I have a kernel implemented in two ways (with same block/grid size, input, compiler flags, etc., called at the same place in a program):
__global__ void k1(const St* __restrict__ p0, ...other params) {
const int* __restrict__ p1 = p0->p1;
const int* __restrict__ p2 = p0->p2;
const int* __restrict__ p3 = p0->p3;
// and 8 more lines like this from p4 to p11
// same calculation code
}
__global__ void k2(const int* __restrict__ p1, const int* __restrict__ p2,
..., const int* __restrict__ p11, ...other params) {
// same calculation code
}
The compiler used 64 registers for k1 and 40 registers for k2. To my surprise, k1 is consistently 30% faster than k2.
To explain the difference in the register counts, does it mean, at least in this case (CUDA 10.1 / sm_60), the kernel arguments are less likely to (or simply aren’t) copied to registers?
And does it make a difference when it comes to accessing global device memory in these two different ways? If not, what else might be the reason for the 30% difference in the performance?

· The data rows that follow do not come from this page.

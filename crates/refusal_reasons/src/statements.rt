// Statements and functions, in the order in which the checker looks at them. Whether a body may end with no return isn't looked at: a script in which
// one may has no earlier fault, and of that one its name says all.

use crate::expressions::{check_arguments, check_marked, kind_met, kind_of};
use crate::kind::Kind;
use crate::scope::{
    Scene, Variable, callee, counted, declare, few_retries, find, fresh, twice, variable_kind,
};
use crate::stop::{Fault, Stop, stop_at};
use crate::wanted::Wanted;
use script_syntax::{Block, Expr, Function, Name, Retries, Span, Statement, ValueType, parse};
use std::alloc::Global;

/// How many expressions or statements stand inside one another at most: more than any script that is parsed has.
const MOST_LEVELS: u32 = 100_000;

/// What stays the same within a function.
#[derive(Clone, Copy)]
struct Within<'s> {
    alloc: Global,
    text: &'s [u8],
    functions: &'s [Function],
    function: &'s Function,
}

impl<'s> Within<'s> {
    fn scene(self, scope: &'s [Variable]) -> Scene<'s> {
        Scene {
            alloc: self.alloc,
            text: self.text,
            functions: self.functions,
            scope,
        }
    }
}

fn check_number(
    within: Within<'_>,
    scope: &[Variable],
    expr: &Expr,
    purpose: &'static str,
) -> Result<(), Stop> {
    let scene = within.scene(scope);
    let _ = kind_met(scene, expr, Wanted::Number, purpose, MOST_LEVELS)?;
    Ok(())
}

fn check_let(
    within: Within<'_>,
    scope: &mut Vec<Variable>,
    name: &Name,
    expr: &Expr,
) -> Result<(), Stop> {
    fresh(within.scene(scope), name)?;
    let kind = kind_of(within.scene(scope), expr, MOST_LEVELS)?;
    declare(scope, name, kind)
}

fn check_set(within: Within<'_>, scope: &[Variable], name: &Name, expr: &Expr) -> Result<(), Stop> {
    let scene = within.scene(scope);
    let wanted = Wanted::Exactly(variable_kind(scene, name)?);
    let _ = kind_met(scene, expr, wanted, "as the variable", MOST_LEVELS)?;
    Ok(())
}

fn check_print(
    within: Within<'_>,
    scope: &[Variable],
    span: Span,
    expr: &Expr,
) -> Result<(), Stop> {
    let alloc = within.alloc;
    if within.function.name.text.as_str() != "main" {
        let name = within.function.name.text.as_str();
        let told = format!(in alloc; "    found: a print in {name}")?;
        return Err(stop_at(14, span, told));
    }
    let scene = within.scene(scope);
    let purpose = "since it is printed";
    let _ = kind_met(scene, expr, Wanted::NoReference, purpose, MOST_LEVELS)?;
    Ok(())
}

/// That the names of a `let` may be given, each behind those before it.
fn check_names_given(
    within: Within<'_>,
    scope: &[Variable],
    first: &Name,
    others: &[Name],
) -> Result<(), Stop> {
    let scene = within.scene(scope);
    fresh(scene, first)?;
    for (i, name) in others.iter().enumerate() {
        fresh(scene, name)?;
        if name.text.as_str() == first.text.as_str() {
            return Err(twice(within.alloc, within.text, name, first.span));
        }
        for other in &others[..i] {
            if name.text.as_str() == other.text.as_str() {
                return Err(twice(within.alloc, within.text, name, other.span));
            }
        }
    }
    Ok(())
}

/// A plain call for so many results.
fn check_call(
    within: Within<'_>,
    scope: &[Variable],
    called: &Name,
    wanted: usize,
    arguments: &[Expr],
) -> Result<(), Stop> {
    let scene = within.scene(scope);
    let function = callee(scene, called, wanted, arguments.len())?;
    check_arguments(scene, &function.parameters, arguments, MOST_LEVELS)
}

fn check_let_call(
    within: Within<'_>,
    scope: &mut Vec<Variable>,
    name: &Name,
    others: &[Name],
    called: &Name,
    arguments: &[Expr],
) -> Result<(), Stop> {
    check_names_given(within, scope, name, others)?;
    let wanted = others.len().saturating_add(1);
    check_call(within, scope, called, wanted, arguments)?;
    let Some(function) = find(within.functions, called.text.as_str()) else {
        return Err(Stop::Unsure);
    };
    declare(scope, name, Kind::of(within.alloc, &function.result)?)?;
    for (i, other) in others.iter().enumerate() {
        let Some(result) = function.others.get(i) else {
            return Err(Stop::Unsure);
        };
        declare(scope, other, Kind::of(within.alloc, result)?)?;
    }
    Ok(())
}

/// A call as a task, for so many results.
fn check_remote(
    within: Within<'_>,
    scope: &[Variable],
    retries: Option<Retries>,
    called: &Name,
    wanted: usize,
    arguments: &[Expr],
) -> Result<(), Stop> {
    let scene = within.scene(scope);
    few_retries(scene, retries)?;
    let function = callee(scene, called, wanted, arguments.len())?;
    check_marked(scene, &function.parameters, arguments, MOST_LEVELS)
}

/// The names of a `let` of several, each a reference to a result of a call as a task.
fn check_let_remote(
    within: Within<'_>,
    scope: &mut Vec<Variable>,
    name: &Name,
    others: &[Name],
    retries: Option<Retries>,
    called: &Name,
    arguments: &[Expr],
) -> Result<(), Stop> {
    check_names_given(within, scope, name, others)?;
    let wanted = others.len().saturating_add(1);
    check_remote(within, scope, retries, called, wanted, arguments)?;
    let Some(function) = find(within.functions, called.text.as_str()) else {
        return Err(Stop::Unsure);
    };
    let alloc = within.alloc;
    declare(scope, name, Kind::of(alloc, &function.result)?.referred()?)?;
    for (i, other) in others.iter().enumerate() {
        let Some(result) = function.others.get(i) else {
            return Err(Stop::Unsure);
        };
        declare(scope, other, Kind::of(alloc, result)?.referred()?)?;
    }
    Ok(())
}

fn check_value(
    within: Within<'_>,
    scope: &[Variable],
    expr: &Expr,
    kind: &ValueType,
) -> Result<(), Stop> {
    let wanted = Wanted::Exactly(Kind::of(within.alloc, kind)?);
    let purpose = "as the function's result";
    let _ = kind_met(within.scene(scope), expr, wanted, purpose, MOST_LEVELS)?;
    Ok(())
}

fn check_return(
    within: Within<'_>,
    scope: &[Variable],
    span: Span,
    expr: &Expr,
    others: &[Expr],
) -> Result<(), Stop> {
    let kinds = &within.function.others;
    if others.len() != kinds.len() {
        let wanted = kinds.len().saturating_add(1);
        let found = others.len().saturating_add(1);
        return Err(counted(within.alloc, "value", wanted, found, span));
    }
    check_value(within, scope, expr, &within.function.result)?;
    for (i, value) in others.iter().enumerate() {
        check_value(within, scope, value, &kinds[i])?;
    }
    Ok(())
}

/// Looks at a statement, in which so many others stand inside one another at most.
#[cycle(statements)]
fn check_statement(
    within: Within<'_>,
    scope: &mut Vec<Variable>,
    statement: &Statement,
    levels: u32,
) -> Result<(), Stop> {
    if levels == 0 {
        return Err(Stop::Unsure);
    }
    let inner = levels - 1;
    match statement {
        Statement::Let(name, expr) => check_let(within, scope, name, expr),
        Statement::LetCall(name, others, called, arguments) => {
            check_let_call(within, scope, name, others, called, arguments)
        }
        Statement::LetRemote(name, others, retries, called, arguments) => {
            check_let_remote(within, scope, name, others, *retries, called, arguments)
        }
        Statement::Set(name, expr) => check_set(within, scope, name, expr),
        Statement::If(condition, first, second) => {
            check_number(within, scope, condition, "as a condition")?;
            check_block(within, scope, first, inner)?;
            match second {
                Some(block) => check_block(within, scope, block, inner),
                None => Ok(()),
            }
        }
        Statement::For(name, from, to, body) => {
            fresh(within.scene(scope), name)?;
            check_number(within, scope, from, "as a loop's bound")?;
            check_number(within, scope, to, "as a loop's bound")?;
            let outer = scope.len();
            declare(scope, name, Kind::number(within.alloc))?;
            check_block(within, scope, body, inner)?;
            scope.truncate(outer);
            Ok(())
        }
        Statement::Print(span, expr) => check_print(within, scope, *span, expr),
        Statement::Return(span, expr, others) => {
            check_return(within, scope, *span, expr, others)
        }
    }
}

/// Looks at the statements of a block, whose variables go out of scope at its end.
#[cycle(statements)]
fn check_block(
    within: Within<'_>,
    scope: &mut Vec<Variable>,
    block: &Block,
    levels: u32,
) -> Result<(), Stop> {
    let outer = scope.len();
    for statement in &block.statements {
        check_statement(within, scope, statement, levels)?;
    }
    scope.truncate(outer);
    Ok(())
}

fn check_function(within: Within<'_>) -> Result<(), Stop> {
    let function = within.function;
    let mut scope = Vec::new(within.alloc);
    for parameter in &function.parameters {
        fresh(within.scene(&scope), &parameter.name)?;
        let kind = Kind::of(within.alloc, &parameter.kind)?;
        declare(&mut scope, &parameter.name, kind)?;
    }
    check_block(within, &mut scope, &function.body, MOST_LEVELS)
}

/// That no function has the name of one before it.
fn check_names(alloc: Global, text: &[u8], functions: &[Function]) -> Result<(), Stop> {
    for (i, function) in functions.iter().enumerate() {
        if let Some(first) = find(&functions[..i], function.name.text.as_str()) {
            return Err(twice(alloc, text, &function.name, first.name.span));
        }
    }
    Ok(())
}

/// What is told where main isn't as it has to be.
fn main_fault(functions: &[Function]) -> Option<&'static str> {
    let Some(main) = find(functions, "main") else {
        return Some("no function is called main");
    };
    let ValueType::Int = main.result else {
        return Some("the result of main is not int");
    };
    if !main.parameters.is_empty() {
        return Some("main has parameters");
    }
    if !main.others.is_empty() {
        return Some("main has several results");
    }
    None
}

fn check_main(alloc: Global, functions: &[Function]) -> Result<(), Stop> {
    let Some(found) = main_fault(functions) else {
        return Ok(());
    };
    let told = format!(in alloc; "    expected: fn main() -> int\n    found: {found}")?;
    Err(stop_at(13, Span { start: 0, end: 0 }, told))
}

fn check_functions(alloc: Global, text: &[u8], functions: &[Function]) -> Result<(), Stop> {
    check_names(alloc, text, functions)?;
    check_main(alloc, functions)?;
    for function in functions {
        check_function(Within {
            alloc,
            text,
            functions,
            function,
        })?;
    }
    Ok(())
}

/// What is told of the fault of a script for which it is refused with this number, at these bytes, if anything is.
pub(crate) fn told_of_tree(alloc: Global, text: &[u8], code: u16, span: Span) -> Option<String> {
    let Ok(program) = parse(alloc, text) else {
        return None;
    };
    match check_functions(alloc, text, &program.functions) {
        Err(
            Stop::Fault(
                Fault {
                    code: found,
                    span: place,
                    told,
                },
            ),
        ) => {
            if found == code && place == span && !told.is_empty() {
                Some(told)
            } else {
                None
            }
        }
        _ => None,
    }
}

The code is actually quite complex and I don’t think it’s a good idea to post the whole kernel when it’s not gonna be really helpful. I understand that without the code, it’s difficult to say what the real issue is. Therefore, I intended to ask a few general questions here.

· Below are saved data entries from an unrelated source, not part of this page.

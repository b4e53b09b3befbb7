// Why a word is no number, or no object, of a line.

use crate::line_words::{Field, LineReason};
use ids::{ObjectId, read_number};

/// A number that stands in a line.
#[derive(Clone, Copy, Debug, PartialEq, Eq)]
pub enum Counted {
    /// How many commits a line of a plan waits for.
    Commits,
    Worker,
    Node,
    Job,
    Message,
    /// Of an object, the worker that owns it.
    Owner,
    /// Of an object, the number that its owner gave it.
    Serial,
}

impl Counted {
    /// The greatest such number.
    pub(crate) fn most(self) -> u64 {
        match self {
            Counted::Worker | Counted::Node | Counted::Owner => 4_294_967_295,
            _ => u64::MAX,
        }
    }

    /// What has such a number, or is one.
    pub(crate) fn name(self) -> &'static str {
        match self {
            Counted::Commits => "commits",
            Counted::Worker => "a worker",
            Counted::Node => "a node",
            Counted::Job => "a job",
            Counted::Message => "a message",
            Counted::Owner => "an object's owner",
            Counted::Serial => "an object's serial",
        }
    }
}

fn are_digits(text: &[u8]) -> bool {
    for byte in text {
        if *byte < b'0' || *byte > b'9' {
            return false;
        }
    }
    true
}

/// Whether a word is of digits alone.
pub(crate) fn is_of_digits(word: &[u8]) -> bool {
    !word.is_empty() && are_digits(word)
}

/// Whether a word is of digits alone, and begins with a zero behind which others stand.
pub(crate) fn has_leading_zero(word: &[u8]) -> bool {
    match word {
        [b'0', rest @ ..] => is_of_digits(rest),
        _ => false,
    }
}

/// Why a word of digits alone is no such number.
pub(crate) fn digits_reason(counted: Counted, word: &[u8]) -> Option<LineReason<'_>> {
    if !is_of_digits(word) {
        return None;
    }
    if has_leading_zero(word) {
        return Some(LineReason::LeadingZero(word));
    }
    match read_number(word) {
        Some(number) if number <= counted.most() => None,
        _ => Some(LineReason::TooLarge(counted, word)),
    }
}

/// Why a word is no such number.
pub(crate) fn number_reason(counted: Counted, word: &[u8]) -> Option<LineReason<'_>> {
    if is_of_digits(word) {
        return digits_reason(counted, word);
    }
    match word {
        [b'a'..=b'z', digits @ ..] if is_of_digits(digits) => {
            Some(LineReason::LetterInFront(counted, word))
        }
        _ => Some(LineReason::NoNumber(counted, word)),
    }
}

/// What stands in front of the first dot, and what behind it.
fn at_dot(text: &[u8]) -> Option<(&[u8], &[u8])> {
    for dot in 0..text.len() {
        if text[dot] == b'.' {
            return Some((&text[..dot], &text[dot + 1..]));
        }
    }
    None
}

/// What is wrong with a number of an object, where the word is written as one.
fn object_number_reason(word: &[u8]) -> Option<LineReason<'_>> {
    let [b'o', rest @ ..] = word else {
        return None;
    };
    let Some((owner, serial)) = at_dot(rest) else {
        return None;
    };
    if !is_of_digits(owner) || !is_of_digits(serial) {
        return None;
    }
    if let Some(reason) = digits_reason(Counted::Owner, owner) {
        return Some(reason);
    }
    digits_reason(Counted::Serial, serial)
}

/// Why a word is no object.
fn object_reason(word: &[u8]) -> Option<LineReason<'_>> {
    if ObjectId::read(word).is_some() {
        return None;
    }
    match object_number_reason(word) {
        Some(reason) => Some(reason),
        None => Some(LineReason::NoObject(word)),
    }
}

/// Why a word doesn't stand for what is wanted there.
pub(crate) fn field_reason(field: Field, word: &[u8]) -> Option<LineReason<'_>> {
    match field {
        Field::Number(counted) => number_reason(counted, word),
        Field::Object => object_reason(word),
    }
}
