//! The tokens of a script's text, read and written.
#![tactic(auto)]

mod bytes;
mod error;
mod laws;
mod marks;
mod numbers;
mod reader;
mod token;
mod writer;

pub use error::SyntaxError;
pub use laws::{line_of_spaced, one_reading, read_are_tokens, spaced_in_parts, spelled_is_read};
pub use reader::tokens_in;
pub use token::{Mark, Placed, Span, Token};
pub use writer::{write_line, write_token};
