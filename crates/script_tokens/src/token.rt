// What a script's text is made of.

/// Where something stands in a text: the bytes from `start` up to and without `end`, counted from 0.
#[derive(Clone, Copy, PartialEq, Eq, Debug)]
pub struct Span {
    /// Where its first byte is, counted from 0.
    pub start: usize,
    /// The place behind its last byte.
    pub end: usize,
}

/// A reserved word or a symbol. The first of them, to `Empty`, are reserved words, spelled as they are named here but in small letters.
#[derive(Clone, Copy, PartialEq, Eq, Debug)]
pub enum Mark {
    Fn,
    Let,
    Set,
    If,
    Else,
    For,
    In,
    Print,
    Return,
    Int,
    Ref,
    Remote,
    Put,
    Get,
    Len,
    Push,
    Empty,
    OpenParenthesis,
    CloseParenthesis,
    /// `{`
    OpenBrace,
    /// `}`
    CloseBrace,
    /// `[`
    OpenBracket,
    /// `]`
    CloseBracket,
    Comma,
    Semicolon,
    Colon,
    /// `->`
    Arrow,
    /// `..`
    Range,
    /// `=`
    Assign,
    /// `==`
    Equal,
    NotEqual,
    Less,
    LessEqual,
    Plus,
    Minus,
    Times,
    /// `/`, the quotient rounded to zero
    Slash,
    /// `%`, the remainder
    Percent,
}

/// A token: a number of at most 9223372036854775807, a name of 1 to 64 bytes that is no reserved word, or a mark.
#[derive(Clone, Copy)]
pub enum Token<'a> {
    Int(u64),
    Name(&'a str),
    Mark(Mark),
}

/// A token, where it stands.
#[derive(Clone, Copy)]
pub struct Placed<'a> {
    pub token: Token<'a>,
    /// The bytes at which it stands in the text.
    pub span: Span,
}
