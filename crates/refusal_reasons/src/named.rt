// The refusal that has a name, and which names are near one that nothing has.

ghost use Rattle.std.specs.Prelude.{◌≡◌, IfSome, true};
ghost use Rattle.raysim_explain.specs.Texts.{name_of};
ghost use Rattle.refusal_reasons.specs.Names.{are_letters};

use crate::ending::ENDINGS;
use crate::near::{are_letters, how_near};
use raysim_explain::RefusalCause;
use std::fmt;

/// The greatest number of a refusal.
const MOST_REFUSAL: u8 = 50;

/// The refusal with this name, in letters of either case, if there is one.
pub fn refusal_named(name: &[u8]) -> Option<RefusalCause>
    ensures { IfSome result (λ r. are_letters (name_of r) name.now ≡ true) }
{
    for number in 1..=MOST_REFUSAL {
        if let Some(cause) = RefusalCause::of(number) {
            if are_letters(cause.name().as_bytes(), name) {
                return Some(cause);
            }
        }
    }
    None
}

/// A name that nothing has. Its text is the names that are near, each behind a space.
#[derive(Clone, Copy, Debug)]
pub struct NearNames<'a>(pub &'a [u8]);

impl NearNames<'_> {
    /// Whether any name is near.
    pub fn are_some(self) -> bool {
        for ending in ENDINGS {
            if how_near(ending.name().as_bytes(), self.0).is_some() {
                return true;
            }
        }
        for number in 1..=MOST_REFUSAL {
            if let Some(cause) = RefusalCause::of(number) {
                if how_near(cause.name().as_bytes(), self.0).is_some() {
                    return true;
                }
            }
        }
        false
    }
}

impl fmt::Display for NearNames<'_> {
    fn fmt<W: fmt::Write>(&self, f: &mut fmt::Formatter<W>) -> fmt::Result {
        for ending in ENDINGS {
            let name = ending.name();
            if how_near(name.as_bytes(), self.0).is_some() {
                write!(f, " {name}")?;
            }
        }
        for number in 1..=MOST_REFUSAL {
            if let Some(cause) = RefusalCause::of(number) {
                let name = cause.name();
                if how_near(name.as_bytes(), self.0).is_some() {
                    write!(f, " {name}")?;
                }
            }
        }
        Ok(())
    }
}
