/// A machine before one of the tokens.
#[derive(Drop)]
pub(crate) struct Machine<'t> {
    tokens: &'t [Placed<'t>],
    /// The place of the token before which the machine stops.
    target: usize,
    at: usize,
    depth: u32,
    functions: usize,
    parameters: usize,
    /// Where the outermost expression begins.
    begun: Option<usize>,
    parts: Vec<Part>,
    /// What may stand there, as far as that was looked at.
    pub(crate) expected: Vec<Expectation>,
    /// The grammar allows the token before which the machine stops.
    pub(crate) is_allowed: bool,
    /// A limit that this token passes.
    pub(crate) limit: Option<Limit>,
}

One question is, in general, is there a difference in reading global data array via a pointer in the arguments vs. via a pointer stored in the register? I am not an expert but I would assume they should be quite close. Based on this assumption and the fact that the rest of the codes in two kernels are identical, I can only come to a conclusion that, for this case, although larger register count decreased the max. occupancy, the kernel has been further optimized with more registers available. I have also learned that higher occupancy has never guaranteed better performance.
If using more registers in the kernel can potentially increase the performance, I wonder if there are any flags or attributes I can set the min. register count for the kernel. I know “maxregcount” and launch bounds are available to limit the register count btw.
is there a difference in reading global data array via a pointer in the arguments vs. via a pointer stored in the register?
I can’t think of a reason why this would be true. But best way to find out is look at the SASS code.
cuobjdump <executable> -sass
It’s possible that one kernel has too many registers and is spilling into local memory. Local memory is stored in global and will impact performance. You can set the -warn-spills and -warn-lmem-usage flag during compile to check.
I think the best thing for you to do is profile your code using Nsight Compute. You can compare kernels side-by-side as well. If you turn on -lineinfo, you can also select a particular line number and see the compiled SASS for that line. This might help answer your first question.